What you have to do - Each line at or after the one containing "many were received." should be transcribed exactly, up to and including the final line of the data.

(Stored items)
//! The report of an engine's run.
use arrayvec::ArrayVec;

/// How far an input was read.
#[derive(Clone, Copy, Default, PartialEq, Eq)]
pub enum InputState {
    /// Not to its end.
    #[default]
    Open,
    /// To its end.
    Whole,
    /// To a record that is cut short, which begins at this byte.
    Cut(u64),
}

/// The counts of a port, in records.
#[derive(Clone, Copy, Default, PartialEq, Eq)]
pub struct PortReport {
    /// How many were received.
    pub received: u64,
    /// How many were dropped because the pattern or the pool refused their buffers.
    pub nobuf: u64,
    /// How many were dropped because they need more segments than the port takes.
    pub oversize: u64,
    /// How many were written whole.
    pub sent: u64,
    /// How far the port's input was read.
    pub state: InputState,
}

/// The counts of a pool, in buffers.
#[derive(Clone, Copy, Default, PartialEq, Eq)]
pub struct PoolReport {
    /// How many are free.
    pub free: u64,
    /// How many there are.
    pub count: u64,
}

/// The counts of an engine.
#[derive(Drop)]
pub struct Report {
    /// One for each port.
    pub ports: ArrayVec<PortReport, 8>,
    /// How many packets were left in each ring.
    pub rings: ArrayVec<u64, 8>,
    /// One for each pool.
    pub pools: ArrayVec<PoolReport, 8>,
    /// The number of allocation calls: one for each record that is not oversize, each `alloc` and each `clone`.
    pub calls: u64,
    /// How many of them the pattern refused.
    pub refused: u64,
    /// How many node runs were cut at their 257th backward jump.
    pub cut: u64,
}

/// The counts of a port, in records.
#[derive(Clone, Copy)]
pub(crate) struct Tallies {
    pub received: u64,
    pub nobuf: u64,
    pub oversize: u64,
    pub sent: u64,
}

/// Counts that are all zero.
pub(crate) const NO_TALLIES: Tallies = Tallies {
    received: 0,
    nobuf: 0,
    oversize: 0,
    sent: 0,
};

Written answer -
    /// How many were received.
    pub received: u64,
    /// How many were dropped because the pattern or the pool refused their buffers.
    pub nobuf: u64,
    /// How many were dropped because they need more segments than the port takes.
    pub oversize: u64,
    /// How many were written whole.
    pub sent: u64,
    /// How far the port's input was read.
    pub state: InputState,
}

/// The counts of a pool, in buffers.
#[derive(Clone, Copy, Default, PartialEq, Eq)]
pub struct PoolReport {
    /// How many are free.
    pub free: u64,
    /// How many there are.
    pub count: u64,
}

/// The counts of an engine.
#[derive(Drop)]
pub struct Report {
    /// One for each port.
    pub ports: ArrayVec<PortReport, 8>,
    /// How many packets were left in each ring.
    pub rings: ArrayVec<u64, 8>,
    /// One for each pool.
    pub pools: ArrayVec<PoolReport, 8>,
    /// The number of allocation calls: one for each record that is not oversize, each `alloc` and each `clone`.
    pub calls: u64,
    /// How many of them the pattern refused.
    pub refused: u64,
    /// How many node runs were cut at their 257th backward jump.
    pub cut: u64,
}

/// The counts of a port, in records.
#[derive(Clone, Copy)]
pub(crate) struct Tallies {
    pub received: u64,
    pub nobuf: u64,
    pub oversize: u64,
    pub sent: u64,
}

/// Counts that are all zero.
pub(crate) const NO_TALLIES: Tallies = Tallies {
    received: 0,
    nobuf: 0,
    oversize: 0,
    sent: 0,
};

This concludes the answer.